Fair Disclosure Policy / Corporate Governance

Goal of Rubean’s „Corporate Governance“ is to manage and supervise the company in a responsible way and create and maintain long-term added value with Rubean. Further substantial aspects of Rubean’s „Corporate Governance“ are an efficient cooperation between the executive and advisory board, attention to the shareholders‘ interests and openess and transparency in the corporate communications.

This aims at promoting trust of national and possibly also international investors, customers, stuff and the public in the management and supervision of German listed companies.

Rubean AG appreciates the creation of the Corporate Governance Codex and its anchoring in the Stock Corporation Act in § 161. Therewith a range of criteria for assessing the quality of corporate governance has been established.

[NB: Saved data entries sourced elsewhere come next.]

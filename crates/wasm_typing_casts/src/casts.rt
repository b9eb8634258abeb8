//! Tests and casts.

ghost use Rattle.wasm_typing_references.specs.WasmSpec.Syntax.{map_heap};
ghost use Rattle.wasm_typing_references.specs.WasmReadersTypes.WasmReadersValues.SeenValues.{heap_of};
ghost use Rattle.wasm_typing_references.specs.WasmOperators.References.{ref_cast, ref_test, reference_to};
ghost use Rattle.wasm_typing_references.specs.WasmTypingChecks.WasmSpecSteps.Shapes.{cast_shape};
ghost use Rattle.wasm_typing_references.specs.WasmTypingChecks.WasmValidatorResources.Answers.{IsWrittenHeap, written_index};
ghost use Rattle.wasm_typing_references.specs.WasmTypingChecks.WasmTypingStacks.BodyStacks.{Kept};
ghost use Rattle.wasm_typing_references.specs.WasmTypingChecks.Steps.{Performs};

use crate::tops::{abstract_to, can_be_tested, top_of};
use std::alloc::Allocator;
use wasm_typing_references::operators::operators_plain::NumberType;
use wasm_typing_references::readers_errors::WasmFeatures;
use wasm_typing_references::readers_types::HeapType;
use wasm_typing_references::typing_checks::{
    OperatorError, OperatorFault, OperatorRule, Takes, ValTypes, has, plain,
};
use wasm_typing_references::typing_stacks::{Stacks, TypeWord};
use wasm_typing_references::validator_resources::WasmModuleResources;
use wasm_typing_references::{allows_heap, disallowed, resolve, unknown_type};

/// `ref.test` (Core Specification 3.0, Validation, Instructions, Reference Instructions), to a type
/// with null or without.
///
/// # Errors
///
/// Refuses an unknown type, one that the features don't allow, one of continuations, and an operand
/// of another hierarchy.
#[tactic(auto, using(crate::proofs::Cited::acts, crate::proofs::HierarchyTops::tests))]
pub fn ref_test<A: Allocator, T: WasmModuleResources>(
    stacks: &mut Stacks<A>,
    resources: &T,
    nullable: bool,
    heap: HeapType,
) -> Result<(), OperatorError>
    requires { IsWrittenHeap (heap_of heap) }
    ensures took { Performs result (T.context resources.now)
        (cast_shape (ref_test (reference_to nullable (map_heap written_index (heap_of heap)))))
        stacks.old stacks.new }
    ensures same { Kept stacks.old stacks.new }
{
    if !has(stacks, WasmFeatures::GC) {
        return Err(OperatorError::Refused(OperatorFault::new(OperatorRule::Gc)));
    }
    if !allows_heap(stacks, nullable, heap) {
        return Err(OperatorError::Refused(disallowed(stacks, nullable, heap)));
    }
    let (shared, top) = match top_of(resources, heap) {
        Some(top) => top,
        None => return Err(OperatorError::Refused(unknown_type(heap))),
    };
    if !can_be_tested(top) {
        return Err(OperatorError::Refused(OperatorFault::new(OperatorRule::ContinuationTypes)));
    }
    plain(
        stacks,
        resources,
        Takes::One(TypeWord::reference(abstract_to(true, shared, top))),
        ValTypes::One(TypeWord::number(NumberType::I32)),
    )
}

/// `ref.cast` (Core Specification 3.0, Validation, Instructions, Reference Instructions), to a type
/// with null or without.
///
/// # Errors
///
/// Refuses an unknown type, one that the features don't allow, one of continuations, and an operand
/// of another hierarchy.
#[tactic(auto, using(crate::proofs::Cited::acts, crate::proofs::HierarchyTops::tests, crate::proofs::Cited::written))]
pub fn ref_cast<A: Allocator, T: WasmModuleResources>(
    stacks: &mut Stacks<A>,
    resources: &T,
    nullable: bool,
    heap: HeapType,
) -> Result<(), OperatorError>
    requires { IsWrittenHeap (heap_of heap) }
    ensures took { Performs result (T.context resources.now)
        (cast_shape (ref_cast (reference_to nullable (map_heap written_index (heap_of heap)))))
        stacks.old stacks.new }
    ensures same { Kept stacks.old stacks.new }
{
    if !has(stacks, WasmFeatures::GC) {
        return Err(OperatorError::Refused(OperatorFault::new(OperatorRule::Gc)));
    }
    if !allows_heap(stacks, nullable, heap) {
        return Err(OperatorError::Refused(disallowed(stacks, nullable, heap)));
    }
    let (shared, top) = match top_of(resources, heap) {
        Some(top) => top,
        None => return Err(OperatorError::Refused(unknown_type(heap))),
    };
    if !can_be_tested(top) {
        return Err(OperatorError::Refused(OperatorFault::new(OperatorRule::ContinuationTypes)));
    }
    match resolve(resources, nullable, heap) {
        Some(ty) => plain(
            stacks,
            resources,
            Takes::One(TypeWord::reference(abstract_to(true, shared, top))),
            ValTypes::One(TypeWord::reference(ty)),
        ),
        None => Err(OperatorError::Refused(unknown_type(heap))),
    }
}
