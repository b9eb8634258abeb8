//! What branches on casts send to their label.

ghost use Rattle.std.specs.Prelude.{◌++◌, ◌∷◌, []};
ghost use Rattle.wasm_typing_references.specs.WasmSpec.Syntax.{reference};
ghost use Rattle.wasm_typing_references.specs.WasmReadersTypes.WasmReadersValues.SeenValues.{ref_of};
ghost use Rattle.wasm_typing_references.specs.WasmTypingChecks.WasmTypingStacks.SeenTypeWords.{val_in};
ghost use Rattle.wasm_typing_references.specs.WasmTypingChecks.WasmSpecSteps.Actions.{label};
ghost use Rattle.wasm_typing_references.specs.WasmTypingChecks.WasmValidatorResources.Answers.{world};
ghost use Rattle.wasm_typing_references.specs.WasmTypingChecks.WasmSpecSteps.Machine.{pop_vals};
ghost use Rattle.wasm_typing_references.specs.WasmTypingChecks.WasmTypingStacks.BodyStacks.{state_of, Kept};
ghost use Rattle.wasm_typing_references.specs.WasmTypingChecks.Steps.{Checked, Turns, typed};
ghost use Rattle.wasm_typing_references.specs.WasmTypingChecks.SeenTypes.{exchanged, types_seen};
ghost use Rattle.wasm_typing_casts.specs.BranchOperands.{sending, list_in};

use std::alloc::Allocator;
use wasm_typing_references::readers_types::{RefType, ValType};
use wasm_typing_references::typing_checks::{
    OperatorError, OperatorFault, OperatorRule, ValTypes, check_type, check_types,
};
use wasm_typing_references::typing_control::label_types;
use wasm_typing_references::typing_stacks::{Stacks, TypeWord, Word};
use wasm_typing_references::validator_resources::WasmModuleResources;
use wasm_typing_references::{exchange_with, front_types, last_type};

/// How many operands are taken by a descriptor on top, where one is asked for.
///
/// # Errors
///
/// Refuses what [`check_type`] refuses.
fn check_above<A: Allocator, T: WasmModuleResources>(
    stacks: &Stacks<A>,
    resources: &T,
    descriptor: Option<TypeWord>,
) -> Result<usize, OperatorFault>
    ensures { Checked result (pop_vals (world (T.context resources.now)) (list_in descriptor)
        (state_of stacks.now)) (state_of stacks.now) }
{
    match descriptor {
        Some(descriptor) => check_type(stacks, resources, 0, descriptor),
        None => Ok(0),
    }
}

/// Takes operands of some types with one of another type above them, and with a descriptor on top
/// where one is asked for, and gives the same types with one of a third type on top. Where that
/// can't be, all stays.
#[tactic(auto, using(crate::proofs::Cited::acts, crate::proofs::OperandExchanges::exchanges))]
fn exchange_top<'a, A: Allocator, T: WasmModuleResources>(
    stacks: &mut Stacks<A>,
    resources: &T,
    types: ValTypes<'a>,
    takes: TypeWord,
    descriptor: Option<TypeWord>,
    gives: TypeWord,
) -> Result<(), OperatorError>
    ensures took { Turns result (exchanged (world (T.context resources.now))
        (types_seen types.entry ++ val_in takes ∷ list_in descriptor)
        (types_seen types.entry ++ val_in gives ∷ []))
        stacks.old stacks.new }
    ensures same { Kept stacks.old stacks.new }
{
    let above = match check_above(stacks, resources, descriptor) {
        Ok(above) => above,
        Err(fault) => return Err(OperatorError::Refused(fault)),
    };
    let first = match check_type(stacks, resources, above, takes) {
        Ok(first) => first,
        Err(fault) => return Err(OperatorError::Refused(fault)),
    };
    let taken = match check_types(stacks, resources, first, types) {
        Ok(taken) => taken,
        Err(fault) => return Err(OperatorError::Refused(fault)),
    };
    match exchange_with(stacks, taken, types, Word::known(gives)) {
        Ok(()) => Ok(()),
        Err(_) => Err(OperatorError::OutOfMemory),
    }
}

/// Branches to a label whose last type matches what is sent: takes the label's other types with one
/// of a type above them, and with a descriptor on top where one is asked for, and gives them with
/// one of another type on top. Where that can't be, all stays.
#[tactic(auto, using(crate::proofs::Cited::acts, crate::proofs::CastBranches::sends))]
pub(crate) fn send<A: Allocator, T: WasmModuleResources>(
    stacks: &mut Stacks<A>,
    resources: &T,
    depth: u32,
    sent: RefType,
    takes: RefType,
    descriptor: Option<TypeWord>,
    gives: RefType,
) -> Result<(), OperatorError>
    ensures took { Turns result (sending (world (T.context resources.now))
        (typed stacks.old (T.context resources.now) (label depth)) (reference (ref_of sent))
        (reference (ref_of takes)) (list_in descriptor) (reference (ref_of gives)))
        stacks.old stacks.new }
    ensures same { Kept stacks.old stacks.new }
{
    let types = match label_types(stacks, resources, depth) {
        Some(types) => types,
        None => {
            return Err(OperatorError::Refused(OperatorFault::at(
                OperatorRule::UnknownLabel,
                depth,
            )));
        }
    };
    let last = match last_type(types) {
        Some(last) => last,
        None => {
            return Err(OperatorError::Refused(OperatorFault::at(OperatorRule::LabelTypes, depth)));
        }
    };
    if !resources.is_subtype(ValType::Ref(sent), last.ty()) {
        return Err(OperatorError::Refused(OperatorFault::at(OperatorRule::LabelTypes, depth)));
    }
    exchange_top(
        stacks,
        resources,
        front_types(types),
        TypeWord::reference(takes),
        descriptor,
        TypeWord::reference(gives),
    )
}
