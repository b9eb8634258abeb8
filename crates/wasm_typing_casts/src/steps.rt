//! Steps of casts and conversions.

ghost use Rattle.wasm_typing_references.specs.WasmOperators.Maps.{map_cast};
ghost use Rattle.wasm_typing_references.specs.WasmOperators.SeenReferences.{cast_of};
ghost use Rattle.wasm_typing_references.specs.WasmTypingChecks.WasmSpecSteps.Shapes.{cast_shape, conversion_shape};
ghost use Rattle.wasm_typing_references.specs.WasmTypingChecks.WasmValidatorResources.Answers.{written_index};
ghost use Rattle.wasm_typing_references.specs.WasmTypingChecks.WasmTypingStacks.BodyStacks.{Kept};
ghost use Rattle.wasm_typing_references.specs.WasmTypingChecks.Steps.{Performs};
ghost use Rattle.wasm_typing_casts.specs.WrittenCasts.{IsWrittenCast};

use crate::branches::{br_on_cast, br_on_cast_fail};
use crate::casts::{ref_cast, ref_test};
use crate::conversions::{
    any_convert_extern, extern_convert_any, i31_get, ref_i31, ref_i31_shared,
};
use crate::descriptors::{
    br_on_cast_desc_eq, br_on_cast_desc_eq_fail, ref_cast_desc_eq, ref_get_desc,
};
use std::alloc::Allocator;
use wasm_typing_references::operators::{CastOperator, ConversionOperator};
use wasm_typing_references::typing_checks::OperatorError;
use wasm_typing_references::typing_stacks::Stacks;
use wasm_typing_references::validator_resources::WasmModuleResources;

/// A test or cast of a reference (Core Specification 3.0, Validation, Instructions, Reference
/// Instructions), or a branch on a cast, as it is written in a module.
///
/// # Errors
///
/// Refuses what the operator's rule refuses, and then all stays. Where memory is refused all stays
/// too.
pub fn step_cast<A: Allocator, T: WasmModuleResources>(
    stacks: &mut Stacks<A>,
    resources: &T,
    op: CastOperator,
) -> Result<(), OperatorError>
    requires { IsWrittenCast (cast_of op) }
    ensures took { Performs result (T.context resources.now)
        (cast_shape (map_cast written_index (cast_of op))) stacks.old stacks.new }
    ensures same { Kept stacks.old stacks.new }
{
    match op {
        CastOperator::RefTestNonNull { hty } => ref_test(stacks, resources, false, hty),
        CastOperator::RefTestNullable { hty } => ref_test(stacks, resources, true, hty),
        CastOperator::RefCastNonNull { hty } => ref_cast(stacks, resources, false, hty),
        CastOperator::RefCastNullable { hty } => ref_cast(stacks, resources, true, hty),
        CastOperator::RefGetDesc { type_index } => ref_get_desc(stacks, resources, type_index),
        CastOperator::RefCastDescEqNonNull { hty } => {
            ref_cast_desc_eq(stacks, resources, false, hty)
        }
        CastOperator::RefCastDescEqNullable { hty } => {
            ref_cast_desc_eq(stacks, resources, true, hty)
        }
        CastOperator::BrOnCast {
            relative_depth,
            from_ref_type,
            to_ref_type,
        } => br_on_cast(
            stacks,
            resources,
            relative_depth,
            from_ref_type,
            to_ref_type,
        ),
        CastOperator::BrOnCastFail {
            relative_depth,
            from_ref_type,
            to_ref_type,
        } => br_on_cast_fail(
            stacks,
            resources,
            relative_depth,
            from_ref_type,
            to_ref_type,
        ),
        CastOperator::BrOnCastDescEq {
            relative_depth,
            from_ref_type,
            to_ref_type,
        } => br_on_cast_desc_eq(
            stacks,
            resources,
            relative_depth,
            from_ref_type,
            to_ref_type,
        ),
        CastOperator::BrOnCastDescEqFail {
            relative_depth,
            from_ref_type,
            to_ref_type,
        } => br_on_cast_desc_eq_fail(
            stacks,
            resources,
            relative_depth,
            from_ref_type,
            to_ref_type,
        ),
    }
}

/// A conversion of a reference, or an operator on unboxed integers (Core Specification 3.0,
/// Validation, Instructions, Reference Instructions).
///
/// # Errors
///
/// Refuses what the operator's rule refuses, and then all stays. Where memory is refused all stays
/// too.
pub fn step_conversion<A: Allocator, T: WasmModuleResources>(
    stacks: &mut Stacks<A>,
    resources: &T,
    op: ConversionOperator,
) -> Result<(), OperatorError>
    ensures took { Performs result (T.context resources.now) (conversion_shape op)
        stacks.old stacks.new }
    ensures same { Kept stacks.old stacks.new }
{
    match op {
        ConversionOperator::AnyConvertExtern => any_convert_extern(stacks, resources),
        ConversionOperator::ExternConvertAny => extern_convert_any(stacks, resources),
        ConversionOperator::RefI31 => ref_i31(stacks, resources),
        ConversionOperator::I31GetS => i31_get(stacks, resources),
        ConversionOperator::I31GetU => i31_get(stacks, resources),
        ConversionOperator::RefI31Shared => ref_i31_shared(stacks, resources),
    }
}
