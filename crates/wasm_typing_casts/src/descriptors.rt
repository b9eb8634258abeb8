//! `ref.get_desc`, and casts and branches by descriptors (the proposal for custom descriptors).

ghost use Rattle.std.specs.Prelude.{◌≡◌, true, false, is_none};
ghost use Rattle.std.specs.Option.{option_map};
ghost use Rattle.wasm_typing_references.specs.WasmSpec.Syntax.{concrete, exact, map_heap, map_ref};
ghost use Rattle.wasm_typing_references.specs.WasmReadersTypes.WasmReadersValues.SeenValues.{heap_of, index_of, ref_of};
ghost use Rattle.wasm_typing_references.specs.WasmOperators.References.{ref_get_desc, ref_cast_desc_eq, br_on_cast_desc_eq, br_on_cast_desc_eq_fail, reference_to};
ghost use Rattle.wasm_typing_references.specs.WasmSpecRules.FeatureFlags.{features_of};
ghost use Rattle.wasm_typing_references.specs.WasmTypingChecks.WasmSpecSteps.Meanings.{ref_to};
ghost use Rattle.wasm_typing_references.specs.WasmTypingChecks.WasmSpecSteps.Shapes.{cast_shape};
ghost use Rattle.wasm_typing_references.specs.WasmTypingChecks.WasmValidatorResources.Answers.{IsWrittenHeap, written_index};
ghost use Rattle.wasm_typing_references.specs.WasmTypingChecks.WasmTypingStacks.BodyStacks.{Kept};
ghost use Rattle.wasm_typing_references.specs.WasmTypingChecks.WasmTypingStacks.SeenTypeWords.{val_in};
ghost use Rattle.wasm_typing_references.specs.WasmTypingChecks.Steps.{Performs};
ghost use Rattle.wasm_typing_casts.specs.CastDescriptors.{descriptor_declared, descriptor_named, serves_descriptors, Described};

use crate::branches::{cast_types, difference};
use crate::sends::send;
use crate::tops::{abstract_to, can_be_tested, top_of};
use std::alloc::Allocator;
use wasm_typing_references::readers_errors::WasmFeatures;
use wasm_typing_references::readers_types::{HeapType, PackedIndex, RefType, UnpackedIndex};
use wasm_typing_references::typing_checks::{
    OperatorError, OperatorFault, OperatorRule, Takes, ValTypes, check_type, exact_or_null, has,
    identity, nullable as or_null, plain, reaches,
};
use wasm_typing_references::typing_stacks::{Stacks, TypeWord};
use wasm_typing_references::validator_resources::WasmModuleResources;
use wasm_typing_references::{allows_heap, disallowed, resolve, unknown_type};

/// The descriptor that the type of a type index declares, if there is such a type and it has one.
#[tactic(auto, using(crate::proofs::DescriptorTypes::descriptors))]
fn descriptor_declared<T: WasmModuleResources>(
    resources: &T,
    type_index: u32,
) -> Option<PackedIndex>
    ensures { option_map index_of result
        ≡ descriptor_declared (T.context resources.now) type_index }
{
    match resources.sub_type_at(type_index) {
        Some(sub) => sub.composite_type.descriptor_idx,
        None => None,
    }
}

/// References, or null, to the descriptor of the type of a type index.
#[tactic(auto, using(crate::proofs::DescriptorTypes::descriptors))]
fn descriptor_of<T: WasmModuleResources>(resources: &T, type_index: u32) -> Option<TypeWord>
    ensures { option_map val_in result ≡ option_map (ref_to true)
        (descriptor_named (T.context resources.now) (concrete type_index)) }
{
    match descriptor_declared(resources, type_index) {
        Some(descriptor) => Some(or_null(descriptor)),
        None => None,
    }
}

/// References, or null, to exactly the descriptor of the type of a type index.
#[tactic(auto, using(crate::proofs::DescriptorTypes::descriptors))]
fn exact_descriptor_of<T: WasmModuleResources>(resources: &T, type_index: u32) -> Option<TypeWord>
    ensures { option_map val_in result ≡ option_map (ref_to true)
        (descriptor_named (T.context resources.now) (exact type_index)) }
{
    match descriptor_declared(resources, type_index) {
        Some(descriptor) => Some(exact_or_null(descriptor)),
        None => None,
    }
}

/// References, or null, to the descriptor of the type that a written heap type names, exactly where
/// it does so.
#[tactic(auto, using(crate::proofs::DescriptorTypes::descriptors))]
fn descriptor_for<T: WasmModuleResources>(resources: &T, heap: HeapType) -> Option<TypeWord>
    requires { IsWrittenHeap (heap_of heap) }
    ensures { option_map val_in result ≡ option_map (ref_to true)
        (descriptor_named (T.context resources.now) (map_heap written_index (heap_of heap))) }
{
    match heap {
        HeapType::Abstract { shared: _, ty: _ } => None,
        HeapType::Concrete(index) => match index {
            UnpackedIndex::Module(type_index) => descriptor_of(resources, type_index),
            UnpackedIndex::RecGroup(_) => None,
            UnpackedIndex::Id(_) => None,
        },
        HeapType::Exact(index) => match index {
            UnpackedIndex::Module(type_index) => exact_descriptor_of(resources, type_index),
            UnpackedIndex::RecGroup(_) => None,
            UnpackedIndex::Id(_) => None,
        },
    }
}

/// The refusal of an operator of this number behind `0xfb` without one of the features that it needs.
#[inline(never)]
fn not_served<A: Allocator>(stacks: &Stacks<A>, number: u32) -> Option<OperatorFault>
    ensures { is_none result ≡ serves_descriptors (features_of stacks.now.features) }
{
    if !has(stacks, WasmFeatures::DESCRIPTOR_OPERATORS) {
        return Some(OperatorFault::at(OperatorRule::OpcodeBehind(0xfb), number));
    }
    if !has(stacks, WasmFeatures::CUSTOM_DESCRIPTORS) {
        return Some(OperatorFault::new(OperatorRule::CustomDescriptors));
    }
    None
}

/// The refusal of a cast by descriptors to a heap type that has none.
#[inline(never)]
fn undescribed(heap: HeapType) -> OperatorFault {
    match heap {
        HeapType::Abstract { shared: _, ty: _ } => OperatorFault::new(OperatorRule::CastToAbstract),
        _ => OperatorFault::new(OperatorRule::CastToUndescribed),
    }
}

/// `ref.cast_desc_eq` (the proposal for custom descriptors, Validation), to a type with null or
/// without.
///
/// # Errors
///
/// Refuses it without the features that it needs (`OpcodeBehind`, `CustomDescriptors`, `Gc`);
/// an unknown type, one that the features don't allow, an abstract one (`CastToAbstract`), one
/// without a descriptor (`CastToUndescribed`), an operand that isn't the type's descriptor, and one
/// below it of another hierarchy.
#[tactic(auto, using(crate::proofs::Cited::acts, crate::proofs::HierarchyTops::tests, crate::proofs::Cited::describes, crate::proofs::Cited::written))]
pub fn ref_cast_desc_eq<A: Allocator, T: WasmModuleResources>(
    stacks: &mut Stacks<A>,
    resources: &T,
    nullable: bool,
    heap: HeapType,
) -> Result<(), OperatorError>
    requires { IsWrittenHeap (heap_of heap) }
    ensures took { Performs result (T.context resources.now)
        (cast_shape (ref_cast_desc_eq (reference_to nullable (map_heap written_index (heap_of heap)))))
        stacks.old stacks.new }
    ensures same { Kept stacks.old stacks.new }
{
    if let Some(fault) = not_served(stacks, if nullable { 36 } else { 35 }) {
        return Err(OperatorError::Refused(fault));
    }
    if !has(stacks, WasmFeatures::GC) {
        return Err(OperatorError::Refused(OperatorFault::new(OperatorRule::Gc)));
    }
    if !allows_heap(stacks, nullable, heap) {
        return Err(OperatorError::Refused(disallowed(stacks, nullable, heap)));
    }
    let (shared, top) = match top_of(resources, heap) {
        Some(top) => top,
        None => return Err(OperatorError::Refused(unknown_type(heap))),
    };
    let descriptor = match descriptor_for(resources, heap) {
        Some(descriptor) => descriptor,
        None => return Err(OperatorError::Refused(undescribed(heap))),
    };
    if !can_be_tested(top) {
        return Err(OperatorError::Refused(OperatorFault::new(OperatorRule::ContinuationTypes)));
    }
    let top = TypeWord::reference(abstract_to(true, shared, top));
    match resolve(resources, nullable, heap) {
        Some(ty) => plain(
            stacks,
            resources,
            Takes::Two(top, descriptor),
            ValTypes::One(TypeWord::reference(ty)),
        ),
        None => Err(OperatorError::Refused(unknown_type(heap))),
    }
}

/// `ref.get_desc` (the proposal for custom descriptors, Validation): a reference to exactly a type
/// gives one to exactly its descriptor, and any other reference to the type one to the descriptor.
///
/// # Errors
///
/// Refuses it without the features that it needs (`OpcodeBehind`, `CustomDescriptors`); an unknown
/// type, one that isn't shared where the body is a shared function's, one without a descriptor
/// (`UndescribedType`), and an operand that is no reference to it.
#[tactic(auto, using(crate::proofs::Cited::acts, crate::proofs::DescriptorTypes::gets))]
pub fn ref_get_desc<A: Allocator, T: WasmModuleResources>(
    stacks: &mut Stacks<A>,
    resources: &T,
    type_index: u32,
) -> Result<(), OperatorError>
    ensures took { Performs result (T.context resources.now) (cast_shape (ref_get_desc type_index))
        stacks.old stacks.new }
    ensures same { Kept stacks.old stacks.new }
{
    if let Some(fault) = not_served(stacks, 34) {
        return Err(OperatorError::Refused(fault));
    }
    let Some(sub) = resources.sub_type_at(type_index) else {
        return Err(OperatorError::Refused(OperatorFault::at(
            OperatorRule::UnknownType,
            type_index,
        )));
    };
    if !reaches(stacks, sub.composite_type.shared) {
        return Err(OperatorError::Refused(OperatorFault::at(OperatorRule::Shared, type_index)));
    }
    let Some(descriptor) = sub.composite_type.descriptor_idx else {
        let fault = OperatorFault::at(OperatorRule::UndescribedType, type_index);
        return Err(OperatorError::Refused(fault));
    };
    let Some(described) = identity(resources, type_index) else {
        return Err(OperatorError::Refused(OperatorFault::at(
            OperatorRule::UnknownType,
            type_index,
        )));
    };
    let exactly = exact_or_null(described);
    match check_type(stacks, resources, 0, exactly) {
        Ok(_) => plain(
            stacks,
            resources,
            Takes::One(exactly),
            ValTypes::One(TypeWord::reference(exact_to(descriptor))),
        ),
        Err(_) => plain(
            stacks,
            resources,
            Takes::One(or_null(described)),
            ValTypes::One(TypeWord::reference(RefType::concrete(false, descriptor))),
        ),
    }
}

/// A reference to a value of exactly a type.
fn exact_to(identity: PackedIndex) -> RefType
    ensures { ref_of result ≡ record { nullable = false; heap = exact (index_of identity) } }
{
    RefType::new(false, HeapType::Exact(identity.unpack())).unwrap()
}

/// The two types of a branch on a cast by descriptors with identities, where the one may be cast to
/// the other, and the descriptor that is asked for.
#[tactic(auto, using(crate::proofs::Cited::acts, crate::proofs::DescriptorTypes::describes))]
fn branch_types<A: Allocator, T: WasmModuleResources>(
    stacks: &Stacks<A>,
    resources: &T,
    number: u32,
    from: RefType,
    to: RefType,
) -> Result<(RefType, RefType, TypeWord), OperatorFault>
    requires from { IsWrittenHeap (ref_of from).heap }
    requires to { IsWrittenHeap (ref_of to).heap }
    ensures { Described result stacks.now (T.context resources.now)
        (map_ref written_index (ref_of from)) (map_ref written_index (ref_of to)) }
{
    if let Some(fault) = not_served(stacks, number) {
        return Err(fault);
    }
    let (named_from, named_to) = match cast_types(stacks, resources, from, to) {
        Ok(types) => types,
        Err(fault) => return Err(fault),
    };
    match descriptor_for(resources, to.heap_type()) {
        Some(descriptor) => Ok((named_from, named_to, descriptor)),
        None => Err(undescribed(to.heap_type())),
    }
}

/// `br_on_cast_desc_eq` (the proposal for custom descriptors, Validation).
///
/// # Errors
///
/// Refuses what `br_on_cast` refuses; a type without a descriptor, and a descriptor that isn't the
/// type's.
#[tactic(auto, using(crate::proofs::Cited::acts, crate::proofs::CastBranches::described_on))]
pub fn br_on_cast_desc_eq<A: Allocator, T: WasmModuleResources>(
    stacks: &mut Stacks<A>,
    resources: &T,
    depth: u32,
    from: RefType,
    to: RefType,
) -> Result<(), OperatorError>
    requires from { IsWrittenHeap (ref_of from).heap }
    requires to { IsWrittenHeap (ref_of to).heap }
    ensures took { Performs result (T.context resources.now)
        (cast_shape (br_on_cast_desc_eq depth (map_ref written_index (ref_of from))
        (map_ref written_index (ref_of to)))) stacks.old stacks.new }
    ensures same { Kept stacks.old stacks.new }
{
    match branch_types(stacks, resources, 37, from, to) {
        Ok((from, to, descriptor)) => {
            let left = difference(from, to);
            send(stacks, resources, depth, to, from, Some(descriptor), left)
        }
        Err(fault) => Err(OperatorError::Refused(fault)),
    }
}

/// `br_on_cast_desc_eq_fail` (the proposal for custom descriptors, Validation).
///
/// # Errors
///
/// Refuses what `br_on_cast_fail` refuses; a type without a descriptor, and a descriptor that isn't
/// the type's.
#[tactic(auto, using(crate::proofs::Cited::acts, crate::proofs::CastBranches::described_on))]
pub fn br_on_cast_desc_eq_fail<A: Allocator, T: WasmModuleResources>(
    stacks: &mut Stacks<A>,
    resources: &T,
    depth: u32,
    from: RefType,
    to: RefType,
) -> Result<(), OperatorError>
    requires from { IsWrittenHeap (ref_of from).heap }
    requires to { IsWrittenHeap (ref_of to).heap }
    ensures took { Performs result (T.context resources.now)
        (cast_shape (br_on_cast_desc_eq_fail depth (map_ref written_index (ref_of from))
        (map_ref written_index (ref_of to)))) stacks.old stacks.new }
    ensures same { Kept stacks.old stacks.new }
{
    match branch_types(stacks, resources, 38, from, to) {
        Ok((from, to, descriptor)) => {
            let sent = difference(from, to);
            send(stacks, resources, depth, sent, from, Some(descriptor), to)
        }
        Err(fault) => Err(OperatorError::Refused(fault)),
    }
}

We like to point out that to date Rubean’s executive and advisory board haven’t been subject to an annual statement according to the obligations of §161 AktG, stating to what extent the recommendations of the „Government Commission German Corporate Governance Code“ was and is complied with, since the company wasn’t listed according to §3 Abs. 2 AktG. Rubean AG‘s executive and advisory board haven’t issued a voluntary declaration of compliance with §161 AktG. At the date of the publication of the Prospectus, Rubean AG is not pursuing the German Corporate Governance Code.

However the advisory and executive board of Rubean AG will issue a declaration of compliance with the „Government Commission German Corporate Governance Code“. Like other companies also Rubean AG can’t comply with all criteria, since the Code is a standardized document applying for major and international blue chip companies as well as for minor and eventually just nationally acting, listed companies. Minor companies may not fulfill certain criteria. The according deviations need to be explained.